== Your instructions ==
Copy the listing that follows, line for line, without a single difference.

== Provided records ==
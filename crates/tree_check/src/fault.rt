//! Why statements stand for no tree.
use fault_words::Place;
use std::alloc::{AllocError, AllocFailed};

/// The classes of faults, in the order in which they are tried.
#[derive(Clone, Copy, Debug, PartialEq, Eq)]
pub enum CheckCode {
    /// There is no top statement.
    NoToplevel,
    /// There is a second top statement.
    TwoToplevels,
    /// A name is defined again.
    DuplicateName,
    /// A name is used and defined nowhere.
    Undefined,
    /// A gate K of N has K = 0, K above N, or not exactly N inputs.
    Votes,
    /// An `fdep` is an input of a gate other than `and` or `or`.
    DummyInput,
    /// A gate other than `fdep` has no inputs.
    NoInputs,
    /// An `fdep` has fewer than two inputs.
    FdepShape,
    /// A dependent of an `fdep` is a gate.
    DependentGate,
    /// A spare is a gate.
    SpareNotBasic,
    /// A spare serves two gates, or one gate twice.
    SharedSpare,
    /// An attribute `repl` has a value other than 1.
    Replicated,
    /// The top event is an `fdep`.
    TopIsFdep,
    /// A definition leads to itself.
    Cycle,
    /// There are more basic events than `UnitNo::MAX`.
    TooManyUnits,
    /// There are more gates than `MOST_GATES`.
    TooManyGates,
}

/// Why a text was refused.
#[derive(Clone, Copy, Debug)]
pub enum CheckFault {
    /// The first class that occurs, and its first place.
    Fault(CheckCode, Place),
    NoMemory,
}

impl From<AllocError> for CheckFault {
    ghost use Rattle.std.specs.Prelude.{◌≡◌};
    ghost use Rattle.tree_check.specs.declared.fault.CheckFault.TheVariants.{NoMemory};

    ghost from_gives = { λ _ fault. fault ≡ NoMemory };

    fn from(_error: AllocError) -> CheckFault {
        CheckFault::NoMemory
    }
}

impl<T: Drop> From<AllocFailed<T>> for CheckFault {
    ghost use Rattle.std.specs.Prelude.{◌≡◌};
    ghost use Rattle.tree_check.specs.declared.fault.CheckFault.TheVariants.{NoMemory};

    ghost from_gives = { λ _ fault. fault ≡ NoMemory };

    fn from(_error: AllocFailed<T>) -> CheckFault {
        CheckFault::NoMemory
    }
}
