//! Boards of worked trees at the margin 0, for the tests of the crates above.
//!
//! It stands on `worked_trees` for the tree, the cut list and the crews that texts say, and on `outage_board`.
#![tactic(auto)]

ghost use Rattle.std.specs.Prelude.{IfOk};
ghost use Rattle.fault_definitions.specs.Tree.{unit_count};
ghost use Rattle.residual_ledger.specs.Residual.{HasUnitsUpTo};
ghost use Rattle.outage_board.specs.Passes.{AreOf, HaveAll};

use crew_script::Dockets;
use fault_model::Tree;
use outage_board::{Board, BoardStart, BoardState};
use std::alloc::Global;
use std::test::Fail;
use unit_sets::CutList;
use worked_trees::{cuts_of, dockets_of, tree_of};

// What a board is made of.
#[derive(Drop)]
struct Parts {
    dockets: Dockets,
    tree: Tree,
    cuts: CutList,
}

// The tree of a deck, and its cut list. The tree is let go by a call: the proof of each way out is short then.
fn tree_and_cuts(alloc: Global, deck: &[u8]) -> Result<(Tree, CutList), Fail>
    ensures { IfOk result (λ made. HasUnitsUpTo (unit_count made.0) made.1) }
{
    let tree = tree_of(alloc, deck)?;
    match cuts_of(alloc, &tree) {
        Ok(cuts) => Ok((tree, cuts)),
        Err(fail) => {
            drop(tree);
            Err(fail)
        }
    }
}

fn parts_of(alloc: Global, deck: &[u8], crews: &[u8]) -> Result<Parts, Fail>
    ensures { IfOk result (λ parts. HasUnitsUpTo (unit_count parts.tree) parts.cuts) }
{
    let dockets = dockets_of(alloc, crews)?;
    match tree_and_cuts(alloc, deck) {
        Ok((tree, cuts)) => Ok(Parts {
            dockets,
            tree,
            cuts,
        }),
        Err(fail) => {
            drop(dockets);
            Err(fail)
        }
    }
}

/// A board for one thread, of the tree that a deck says and the crews of a crew part.
pub fn state_of(alloc: Global, deck: &[u8], crews: &[u8]) -> Result<BoardState, Fail> {
    let parts = parts_of(alloc, deck, crews)?;
    let state = BoardState::open(alloc, &parts.tree, &parts.cuts, &parts.dockets, 0);
    drop(parts);
    Ok(state?)
}

/// A board for several threads, and the passes of its crews.
pub fn board_of(alloc: Global, deck: &[u8], crews: &[u8]) -> Result<BoardStart, Fail>
    ensures own { IfOk result (λ start. AreOf start.board start.passes.passes) }
    ensures all { IfOk result (λ start. HaveAll start.board.deck start.passes.passes) }
{
    let parts = parts_of(alloc, deck, crews)?;
    let start = Board::open(alloc, &parts.tree, &parts.cuts, &parts.dockets, 0);
    drop(parts);
    Ok(start?)
}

== Task answer ==
filename crates/tree_check/src/fault.rt
//! Why statements stand for no tree.
use fault_words::Place;
use std::alloc::{AllocError, AllocFailed};

/// The classes of faults, in the order in which they are tried.
#[derive(Clone, Copy, Debug, PartialEq, Eq)]
pub enum CheckCode {
    /// There is no top statement.
    NoToplevel,
    /// There is a second top statement.
    TwoToplevels,
    /// A name is defined again.
    DuplicateName,
    /// A name is used and defined nowhere.
    Undefined,
    /// A gate K of N has K = 0, K above N, or not exactly N inputs.
    Votes,
    /// An `fdep` is an input of a gate other than `and` or `or`.
    DummyInput,
    /// A gate other than `fdep` has no inputs.
    NoInputs,
    /// An `fdep` has fewer than two inputs.
    FdepShape,
    /// A dependent of an `fdep` is a gate.
    DependentGate,
    /// A spare is a gate.
    SpareNotBasic,
    /// A spare serves two gates, or one gate twice.
    SharedSpare,
    /// An attribute `repl` has a value other than 1.
    Replicated,
    /// The top event is an `fdep`.
    TopIsFdep,
    /// A definition leads to itself.
    Cycle,
    /// There are more basic events than `UnitNo::MAX`.
    TooManyUnits,
    /// There are more gates than `MOST_GATES`.
    TooManyGates,
}

/// Why a text was refused.
#[derive(Clone, Copy, Debug)]
pub enum CheckFault {
    /// The first class that occurs, and its first place.
    Fault(CheckCode, Place),
    NoMemory,
}

impl From<AllocError> for CheckFault {
    ghost use Rattle.std.specs.Prelude.{◌≡◌};
    ghost use Rattle.tree_check.specs.declared.fault.CheckFault.TheVariants.{NoMemory};

    ghost from_gives = { λ _ fault. fault ≡ NoMemory };

    fn from(_error: AllocError) -> CheckFault {
        CheckFault::NoMemory
    }
}

impl<T: Drop> From<AllocFailed<T>> for CheckFault {
    ghost use Rattle.std.specs.Prelude.{◌≡◌};
    ghost use Rattle.tree_check.specs.declared.fault.CheckFault.TheVariants.{NoMemory};

    ghost from_gives = { λ _ fault. fault ≡ NoMemory };

    fn from(_error: AllocFailed<T>) -> CheckFault {
        CheckFault::NoMemory
    }
}
//! Boards of worked trees at the margin 0, for the tests of the crates above.
//!
//! It stands on `worked_trees` for the tree, the cut list and the crews that texts say, and on `outage_board`.
#![tactic(auto)]

ghost use Rattle.std.specs.Prelude.{IfOk};
ghost use Rattle.fault_definitions.specs.Tree.{unit_count};
ghost use Rattle.residual_ledger.specs.Residual.{HasUnitsUpTo};
ghost use Rattle.outage_board.specs.Passes.{AreOf, HaveAll};

use crew_script::Dockets;
use fault_model::Tree;
use outage_board::{Board, BoardStart, BoardState};
use std::alloc::Global;
use std::test::Fail;
use unit_sets::CutList;
use worked_trees::{cuts_of, dockets_of, tree_of};

// What a board is made of.
#[derive(Drop)]
struct Parts {
    dockets: Dockets,
    tree: Tree,
    cuts: CutList,
}

// The tree of a deck, and its cut list. The tree is let go by a call: the proof of each way out is short then.
fn tree_and_cuts(alloc: Global, deck: &[u8]) -> Result<(Tree, CutList), Fail>
    ensures { IfOk result (λ made. HasUnitsUpTo (unit_count made.0) made.1) }
{
    let tree = tree_of(alloc, deck)?;
    match cuts_of(alloc, &tree) {
        Ok(cuts) => Ok((tree, cuts)),
        Err(fail) => {
            drop(tree);
            Err(fail)
        }
    }
}

fn parts_of(alloc: Global, deck: &[u8], crews: &[u8]) -> Result<Parts, Fail>
    ensures { IfOk result (λ parts. HasUnitsUpTo (unit_count parts.tree) parts.cuts) }
{
    let dockets = dockets_of(alloc, crews)?;
    match tree_and_cuts(alloc, deck) {
        Ok((tree, cuts)) => Ok(Parts {
            dockets,
            tree,
            cuts,
        }),
        Err(fail) => {
            drop(dockets);
            Err(fail)
        }
    }
}

/// A board for one thread, of the tree that a deck says and the crews of a crew part.
pub fn state_of(alloc: Global, deck: &[u8], crews: &[u8]) -> Result<BoardState, Fail> {
    let parts = parts_of(alloc, deck, crews)?;
    let state = BoardState::open(alloc, &parts.tree, &parts.cuts, &parts.dockets, 0);
    drop(parts);
    Ok(state?)
}

/// A board for several threads, and the passes of its crews.
pub fn board_of(alloc: Global, deck: &[u8], crews: &[u8]) -> Result<BoardStart, Fail>
    ensures own { IfOk result (λ start. AreOf start.board start.passes.passes) }
    ensures all { IfOk result (λ start. HaveAll start.board.deck start.passes.passes) }
{
    let parts = parts_of(alloc, deck, crews)?;
    let start = Board::open(alloc, &parts.tree, &parts.cuts, &parts.dockets, 0);
    drop(parts);
    Ok(start?)
}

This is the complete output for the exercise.